Parlando con Boxing News, Senior non ha fatto alcun tentativo di minimizzare la qualità e l’intensità di ogni round condiviso.
“Facciamo molti round insieme. Mi ha sicuramente mostrato il lato più duro della boxe professionistica.
“Sam è molto in forma, forte e più giri faccio con lui, più capisco le cose in cui è tecnicamente molto bravo.
“È anche potente, nel senso che può lanciare un jab bello e pulito, ma sembra che tu sia stato colpito da una grande mano destra.”
La buona notizia è che mentre Noakes ha un ottimo track record, Senior può tenere testa usando l’abile gioco di gambe che ha sviluppato da dilettante.
Anche prima che Senior iniziasse a boxare, il talento nato a Bradford non era estraneo a una manovra in due fasi qua e là.
“Quando ero piccola ballavo un po’, oltre alla ginnastica, alle acrobazie e al trampolino, tutte cose divertenti.
“Ma sono arrivato a circa 10 o 11 anni e sentivo che ballare non era così bello da ragazzino.
“C’era uno studio di boxe accanto a dove ballavo, quindi sono andato lì e sono stato preso a pugni. Mia madre non voleva che lo facessi all’inizio perché ero giovane e piccolo, ma ho perseverato e ho iniziato a boxare.
“Quando balli e quando sei sul ring, tutto va bene. Sai sempre dove sono i tuoi piedi, trovi sempre l’equilibrio, anche in situazioni insolite.
“Sento che non smetterò mai di lavorare in piedi.”
Nato a Bradford, Senior ha trascorso gran parte della sua vita in Australia, un luogo che considera casa sua, prima di tornare nel Regno Unito.

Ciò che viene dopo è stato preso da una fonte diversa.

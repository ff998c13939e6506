// The volumes of the bodies of a part.
#![tactic(auto)]

pub mod volume;

// Passed on to the crates above.
pub use solid_bodies;
pub use solid_bodies::solid_segments;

La transizione è stata tutt’altro che semplice, ma allo stesso tempo l’olimpionico comprende l’importanza del sacrificio in uno sport come la boxe.
“È stato difficile. È ancora un po’ difficile stare seduto qui nel tuo appartamento: hai molto tempo per te stesso e molto tempo per pensare.
“Ma ho sempre detto che quando diventerò professionista tornerò nel Regno Unito. Può essere un po’ difficile a volte, ma so perché sono qui.
“Uscire dalla tua zona di comfort migliora la tua mentalità in generale, figuriamoci quando insegui il tuo sogno. Sento di dover lavorare ancora di più adesso perché ho sacrificato tutto.
“Potrei semplicemente tornare in Australia, trovare un lavoro e sentirmi a mio agio, ma [being away from home] mi ha appena dato una spinta in più per inseguire il mio sogno.
La decisione del senior di tornare nel Regno Unito è stata in parte ispirata dalle fertili opportunità di sparring di qualità e apparizioni televisive.
Dopo aver fatto acquisti in diverse palestre, alla fine ha optato per gli allenatori Smith e Lam per un motivo specifico.
“Ho la sensazione che Al ed Eddie mi abbiano lasciato essere me stesso. Non hanno provato a cambiare il mio gioco di gambe; non hanno provato a rallentarmi; non era ‘stringiti e continua a camminare’ – mi hanno semplicemente lasciato boxare nel modo in cui boxo, aggiungendo piccole cose lungo il percorso. “
“Sono arrivato dov’ero [in the amateurs] Essendo me stesso, non cambierei quello che ho fatto e mi limiterei ad aggiungerlo ogni volta che mi ha venduto [joining Smith and Lam].”
Come potenziale cliente per 4-0 (2 KO) firmato per la Queensberry Promotions di Frank Warren, Senior apprezza il valore di compiere passi incrementali per migliorare la sua arte.
Ecco perché non si aspetta un incontro immediato con King Kong, ma spera comunque di offrire un’altra prestazione di classe, questa volta nella partita Ryan Garner-Michael Magnes al St Mary’s Stadium di Southampton sabato.